Tan profunda la conexión, tan vacía la imagen

En un mundo desbordado por las emociones que se producen en cada click, en cada nano segundo, en cada vez que haces un match en Tinder; en cada sesión de reels de Instagram o shorts de Tiktok. La vida pasa a toda velocidad frente a los ojos.

Revisas el reloj y son las 11 de la mañana. Sigues en pijama sintiéndote agotado por la maratón de Netflix de anoche que es todo lo que se necesita para pasar un domingo en casa. El tiempo frente a una pantalla es infinito. Te sientas al pie de la cama, con la cabeza inclinada y tu espalda formando un signo de interrogación. Agachada, sometida a tu teléfono y a todas las emociones rápidas que genera. El tiempo pasa volando, sin embargo, no te has movido por horas.

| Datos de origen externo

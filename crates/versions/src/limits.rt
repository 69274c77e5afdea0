// The limits of a list of requests.

/// The most requests of a list that is read at once.
pub const MAX_REQUESTS: usize = 64;

/// The most requests of a stream, over all readings of its file.
pub const MAX_STREAM_REQUESTS: usize = 1024;

/// The most changes of a request.
pub const MAX_CHANGES: usize = 64;

/// The latest row after which a request may be asked for.
pub const MAX_AFTER: u64 = 1_048_576;
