// The setup of a whole stream.
ghost use Rattle.std.specs.Prelude.{IfOk};
ghost use Rattle.jobs.specs.Job.{job_view};
ghost use Rattle.job_file.specs.RequestSizes.{AreFew};
ghost use Rattle.fries_steps.specs.SetupFor.{AreSame};
ghost use Rattle.fries_verify.specs.StreamSetup.{IsStreamSetupFor};

use flow_laws::plans_number_all_nodes;
use flow_model::{Setup, plans_are_least};
use jobs::Job;
use std::alloc::Global;
use stream_intake::JobMask;
use stream_law::accepted_requests_split_within;
use tuple_trace::NoMemory;
use versions::{Requests, accepted_requests_stay_accepted, judge_within};

/// Judges the requests that are made of a job as a stream does, and makes a setup of them.
///
/// A stream settles by the job alone which nodes may be splits, whichever requests come later, and
/// refuses a request that makes a split of another node. Its plans are made for all these splits.
/// The one error is out of memory; it gives up the job.
pub fn stream_setup_of(
    alloc: Global,
    job: Job,
    requests: &Requests,
    ordered: bool,
) -> Result<Setup, NoMemory>
    requires { AreFew requests.now }
    ensures { IfOk result (IsStreamSetupFor AreSame ordered (job_view job) requests.now) }
{
    accepted_requests_stay_accepted();
    accepted_requests_split_within();
    let JobMask { job, splits } = JobMask::of(alloc, job)?;
    let judged = judge_within(alloc, &job, Some(splits), requests)?;
    let setup = Setup::make_for_stream(alloc, job, judged, ordered)?;
    plans_are_least(&setup);
    plans_number_all_nodes(&setup);
    Ok(setup)
}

Aprendiste sobre las reglas del procrastinador en la cuenta pagada de un coach de motivación personal. Viste a una mujer a la que se le regaba la sangre menstrual por las piernas en un acto ritual. Leíste sobre una denuncia de acoso sexual, que se resolvió a favor del abusador. Aparece un post sobre la nueva tendencia de acoso en Corea que se llama Acoso del semén, hombres que eyaculan sobre las propiedades de mujeres: su taza de café en la oficina, su mochila en la escuela, sus zapatos en el metro. Siguen los reels y hay una bebé que tiene millones de likes, su mamá le enseña trabalenguas y palabras largas en portugués, y ella las repite con la mayor dulzura que pueda existir. Continúa un reel sobre mujeres que trabajan en una fábrica de medias en china y realizan un trabajo manual casi imposible de imaginar y a toda velocidad. Una imagen que recuerda a Charles Chaplin en Tiempos modernos cuando ajusta las tuercas de una maquinaria en movimiento. Cambias de aplicación. No tienes notificaciones, inicias cualquier conversación con alguien que pueda estar disponible para chatear un domingo por la mañana. Pasas a Facebook, siempre es lo menos interesante. Dice que tienes 35 notificaciones. Ninguna realmente es a ti. Tu amigo Juan le dio like a tu amiga María. Fulano ha transmitido en vivo. Mengano pide que le des like a su página de galletas artesanales. Facebook es lento y por más que scrolleas sigues viendo las mismas cosas y uno que otro anuncio que debes apagar porque te parece irrelevante. Cada vez más, en Facebook los comentarios vienen de tías abuelas, que siempre te mandan la bendición y te dicen por el nombre que te decían de niño, Robertito. La gente escribe cosas largas, no lees ninguna. La gente da mucho el pésame también en Facebook, con eso de que el target de Facebook es ahora, mayores de 65. Pasas a la app de Pacer encargada de avisarte que solo has dado 113 pasos en lo que va del día. Regresas a Instagram y lo que aparece primero es la publicidad sobre cómo adelgazar sin hacer esfuerzo con un programa que se llama Noom. Se ve tan convincente, pero el último que compraste de la mujer de los glúteos de acero, se quedó en la segunda lección y para la tercera, ya te habías lesionado la rodilla.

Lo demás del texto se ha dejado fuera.